Collected data entries:
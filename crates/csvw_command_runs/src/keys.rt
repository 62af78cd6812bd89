//! `csvw keys`: the faults of keys, by the sorted records of all parts.
ghost use Rattle.std.specs.Prelude.{◌≤◌};

use crate::plans::{DocumentFile, plan_of};
use crate::tell::{FAULTS, SUCCESS, tell_refused, tell_stop};
use csvw_command_core::JudgedKeys;
use csvw_engine::{Stop, write_report};
use csvw_files::{Opener, STANDARD_INPUT};
use csvw_key_records::{KeyStop, judge_keys};
use csvw_text::Counted;
use std::alloc::Global;
use std::io::{Read, Write};

/// Writes the heading of a report, and then a line for each fault of the records. Returns whether there is none.
fn write_faults<R: Read, W: Write>(
    alloc: Global,
    records: &mut Counted<R>,
    out: &mut Counted<W>,
) -> Result<bool, KeyStop> {
    if write_report(alloc, &[], out).is_err() {
        return Err(KeyStop::Write);
    }
    let is_valid = judge_keys(alloc, records, out)?;
    match out.flush() {
        Ok(()) => Ok(is_valid),
        Err(_) => Err(KeyStop::Write),
    }
}

/// Tells why the records were not judged. Returns the status.
fn tell_unjudged<V: Write>(alloc: Global, stop: &KeyStop, err: &mut Counted<V>) -> u8
    ensures { result ≤ 4 }
{
    match stop {
        KeyStop::Memory => tell_stop(&Stop::Memory, err),
        KeyStop::Read => tell_stop(&Stop::Read, err),
        KeyStop::Write => tell_stop(&Stop::Write, err),
        KeyStop::Line { .. } => match format!(in alloc; "csvw: keys {stop}\n") {
            Ok(line) => tell_refused(line.as_str(), err),
            Err(_) => tell_stop(&Stop::Memory, err),
        },
    }
}

/// Judges the keys of a group by the records on standard input. The faults are a report on `out`, in the order of the
/// records. Returns the status: 0 if there is none, else 1. Records that aren't sorted are told on `err`, with status 3.
pub fn run_keys<O: Opener, W: Write, V: Write>(
    alloc: Global,
    asked: &JudgedKeys<'_>,
    opener: &mut O,
    out: &mut Counted<W>,
    err: &mut Counted<V>,
) -> u8
    ensures { result ≤ 4 }
{
    let document = DocumentFile {
        path: asked.meta,
        base: asked.base,
        profile: asked.profile,
        resources: asked.resources.as_slice(),
    };
    if let Err(stop) = plan_of(alloc, document, opener) {
        return stop.tell(opener, err);
    }
    let Some(reader) = opener.open(STANDARD_INPUT) else {
        return tell_stop(&Stop::Read, err);
    };
    let mut records = Counted::new(reader);
    let judged = write_faults(alloc, &mut records, out);
    opener.close(records);
    match judged {
        Ok(true) => SUCCESS,
        Ok(false) => FAULTS,
        Err(stop) => tell_unjudged(alloc, &stop, err),
    }
}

_WHAT YOU HAVE TO DO_. Count how many lines in the entries contain "else", then state that number alone.

_ANSWER BOX_. 2